Examples are used to disclose the embodiments, including the best mode, and also to enable any person skilled in the art to practice the apparatus and/or method, including making and using any devices or systems and performing any incorporated methods. These examples are not intended to be exhaustive or to limit the disclosure to the precise steps and/or forms disclosed, and many modifications and variations are possible in light of the above teaching. Features described herein may be combined in any combination. Steps of a method described herein may be performed in any sequence that is physically possible.
All definitions, as defined and used herein, should be understood to control over dictionary definitions, definitions in documents incorporated by reference, and/or ordinary meanings of the defined terms.
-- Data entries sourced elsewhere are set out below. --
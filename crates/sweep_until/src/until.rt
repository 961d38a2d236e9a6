//! The runs of settings, one setting after the other.
ghost use Rattle.std.specs.Prelude.{◌≡◌, ◌<◌, ◌≤◌, ◌^◌, ◌+◌, ◌-◌, ◌*◌, ◌++◌, ◌∷◌, [], OnOk, OnErr, Option, List, ℕ, IfOk, IfErr};
ghost use Rattle.toml.specs.View.{view};
ghost use Rattle.sweep_plan.specs.Sweep.{setting_count, run_count, seed_count};
ghost use Rattle.run_output.specs.Written.{sink_failures};
ghost use Rattle.sweep.specs.Judged.{AreAccepted};
ghost use Rattle.sweep.specs.Runs.{IsAskedFor};
ghost use Rattle.sweep.specs.Table.{Course, HasCause};
ghost use Rattle.figures.specs.Notes.{Note};
ghost use Rattle.sweep_until.specs.Kept.{AreKept};
ghost use Rattle.sweep_until.specs.Until.{AreTooFew, BeginsSettings, BeginsWide, GoesOn, HasSettings, HasEnded, MakesSetting, Stretch, setting_course};

use crate::lots::make_lot;
use crate::runs::SettingRuns;
use base::{Fault, Memory};
use figures::{RunMetadata, SettingSummary};
use scenario::Workers;
use sequential_run::{a_run_exists, the_run_is_one};
use std::alloc::Global;
use std::marker::Sync;
use std::thread::Threads;
use sweep::{Gather, LotSize, Progress, SECOND_OF_WORK, first_run, next_lot};
use sweep_plan::Plan;
use toml::Value;
use trace::Sink;

/// How much each worker does before lines are written: some hundred milliseconds of work. What is made beyond the last run that
/// is wanted is thrown away, so few are made at a time.
const LOT: LotSize = LotSize {
    work: SECOND_OF_WORK / 10,
    runs: 32,
};

/// Makes the runs of the settings from one number to before another, writes their lines, and adds the summary of each. `key` is
/// that of the lines' checksums.
pub(crate) fn make_settings<S: Sink, P: Progress>(
    rt: &(impl Threads + Sync),
    alloc: Global,
    plan: &Plan,
    key: &[u8],
    width: u64,
    document: &Value,
    workers: Workers,
    first: usize,
    past: usize,
    progress: &P,
    settings: &mut Vec<SettingSummary>,
    table: &mut S,
) -> Result<(), Fault>
    requires asked { IsAskedFor plan.now }
    requires judged { AreAccepted (view document.now) plan.now }
    requires most { width ≤ 100 }
    requires ordered { first ≤ past }
    requires within { past ≤ setting_count plan.now.swept_keys }
    requires countable { S.failed table.old < 2 ^ 63 }
    ensures whole { OnOk result ((stretch : Stretch) (start : Option (List ℕ)) → stretch.key ≡ key.now → stretch.first ≡ first
        → HasSettings (view document.now) plan.now width stretch start (S.held table.old) 0 settings.old.items
        → HasSettings (view document.now) plan.now width stretch start (S.held table.new) (past - first) settings.new.items) }
    ensures part { OnErr result ((stretch : Stretch) (start : Option (List ℕ)) → stretch.key ≡ key.now → stretch.first ≡ first → stretch.settings ≡ past - first
        → HasSettings (view document.now) plan.now width stretch start (S.held table.old) 0 settings.old.items
        → BeginsSettings (view document.now) plan.now width stretch start (S.held table.new)) }
    ensures causes { IfErr result (HasCause (view document.now) plan.now) }
    ensures failures { S.failed table.new ≡ S.failed table.old + sink_failures result }
{
    a_run_exists();
    the_run_is_one();
    for number in first..past {
        let setting = make_setting(
            rt,
            alloc,
            plan,
            key,
            width,
            document,
            workers,
            number,
            &[],
            progress,
            table,
        )?;
        push_setting(settings, setting)?;
    }
    Ok(())
}

/// Adds the summary of a setting.
pub(crate) fn push_setting(
    settings: &mut Vec<SettingSummary>,
    setting: SettingSummary,
) -> Result<(), Memory>
    ensures { OnOk result (settings.new.items ≡ settings.old.items ++ setting ∷ []) }
{
    settings.push(setting)?;
    Ok(())
}

/// Makes the runs of the setting of this number, behind those that were made of it before, which are too few; writes their lines, and
/// returns the summary of the setting.
pub(crate) fn make_setting<S: Sink, P: Progress>(
    rt: &(impl Threads + Sync),
    alloc: Global,
    plan: &Plan,
    key: &[u8],
    width: u64,
    document: &Value,
    workers: Workers,
    number: usize,
    before: &[RunMetadata],
    progress: &P,
    table: &mut S,
) -> Result<SettingSummary, Fault>
    requires asked { IsAskedFor plan.now }
    requires judged { AreAccepted (view document.now) plan.now }
    requires most { width ≤ 100 }
    requires within { number < setting_count plan.now.swept_keys }
    requires open_yet { AreTooFew width (seed_count plan.now.seeds) before.now }
    requires countable { S.failed table.old < 2 ^ 63 }
    ensures whole { IfOk result (MakesSetting (view document.now) plan.now key.now width number before.now (S.held table.old) (S.held table.new)) }
    ensures part { OnErr result (BeginsWide (view document.now) plan.now width before.now (setting_course plan.now key.now number before.now (S.held table.old)) (S.held table.new)) }
    ensures causes { IfErr result (HasCause (view document.now) plan.now) }
    ensures failures { S.failed table.new ≡ S.failed table.old + sink_failures result }
{
    the_run_is_one();
    let first = first_run(plan, number);
    let past = first + plan.runs_of_setting();
    let from = first + before.len();
    let mut runs = kept_of(alloc, before)?;
    make_runs_of(
        rt, alloc, plan, key, width, document, workers, from, past, progress, &mut runs, table,
    )?;
    progress.runs_made(past, plan.runs());
    let setting = runs.into_summary()?;
    Ok(setting)
}

/// What a setting keeps of runs that were made before.
fn kept_of(alloc: Global, before: &[RunMetadata]) -> Result<SettingRuns, Memory>
    ensures { IfOk result (AreKept before.now) }
{
    let mut runs = SettingRuns::new(alloc);
    for note in before {
        runs.add(alloc, note)?;
    }
    Ok(runs)
}

/// Makes runs of a setting from one number to before another, until the interval is narrow enough, and writes their lines.
fn make_runs_of<S: Sink, P: Progress>(
    rt: &(impl Threads + Sync),
    alloc: Global,
    plan: &Plan,
    key: &[u8],
    width: u64,
    document: &Value,
    workers: Workers,
    first: usize,
    past: usize,
    progress: &P,
    runs: &mut SettingRuns,
    table: &mut S,
) -> Result<(), Fault>
    requires asked { IsAskedFor plan.now }
    requires judged { AreAccepted (view document.now) plan.now }
    requires most { width ≤ 100 }
    requires some { first < past }
    requires within { past ≤ run_count plan.now }
    requires countable { S.failed table.old < 2 ^ 63 }
    ensures whole { OnOk result ((before : List Note) (course : Course) → course.key ≡ key.now → GoesOn (view document.now) plan.now width before course (S.held table.old) runs.old first
        → HasEnded (view document.now) plan.now width before course (S.held table.new) runs.new first past) }
    ensures part { OnErr result ((before : List Note) (course : Course) → course.key ≡ key.now → past ≤ course.till → GoesOn (view document.now) plan.now width before course (S.held table.old) runs.old first
        → BeginsWide (view document.now) plan.now width before course (S.held table.new)) }
    ensures causes { IfErr result (HasCause (view document.now) plan.now) }
    ensures failures { S.failed table.new ≡ S.failed table.old + sink_failures result }
{
    let all = plan.runs();
    let mut next = first;
    while next < past {
        let lot = next_lot(alloc, plan, document, workers, LOT, next, past)?;
        progress.some_begin(next, all);
        let reached = make_lot(
            rt,
            alloc,
            plan,
            key,
            width,
            document,
            &lot.shares,
            next,
            lot.till,
            progress,
            runs,
            table,
        )?;
        if runs.is_narrow(width) {
            return Ok(());
        }
        next = reached;
        // the caller reports the last of a setting
        if next < past {
            progress.runs_made(next, all);
        }
    }
    Ok(())
}
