//! How far the runs of a shard have come.
use sweep::Progress;

/// Reports the runs of a shard alone.
#[derive(Drop)]
pub(crate) struct ShardProgress<'p, P: Progress> {
    /// What gets it.
    pub(crate) whole: &'p P,
    /// How many runs there are before its first.
    pub(crate) before: usize,
    /// How many it has, where no setting ends early.
    pub(crate) all: usize,
}

impl<P: Progress> Progress for ShardProgress<'_, P> {
    fn some_begin(&self, made: usize, _all: usize) {
        self.whole
            .some_begin(made.saturating_sub(self.before), self.all);
    }

    fn run_goes_on(&self, from: u64, to: u64, end: u64) {
        self.whole.run_goes_on(from, to, end);
    }

    fn run_ends(&self, from: u64, end: u64) {
        self.whole.run_ends(from, end);
    }

    fn runs_made(&self, made: usize, _all: usize) {
        self.whole
            .runs_made(made.saturating_sub(self.before), self.all);
    }
}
The indefinite articles “a” and “an,” as used herein in the specification and in the claims, unless clearly indicated to the contrary, should be understood to mean “at least one.” The phrase “and/or,” as used herein in the specification and in the claims, should be understood to mean “either or both” of the elements so conjoined, i.e., elements that are conjunctively present in some cases and disjunctively present in other cases.
It should also be understood that, unless clearly indicated to the contrary, in any methods claimed herein that include more than one step or act, the order of the steps or acts of the method is not necessarily limited to the order in which the steps or acts of the method are recited.
In the claims, as well as in the specification above, all transitional phrases such as “comprising,” “including,” “carrying,” “having,” “containing,” “involving,” “holding,” “composed of,” and the like are to be understood to be open-ended, i.e., to mean including but not limited to. Only the transitional phrases “consisting of” and “consisting essentially of” shall be closed or semi-closed transitional phrases, respectively, as set forth in the United States Patent Office Manual of Patent Examining Procedures, Section 2111.03.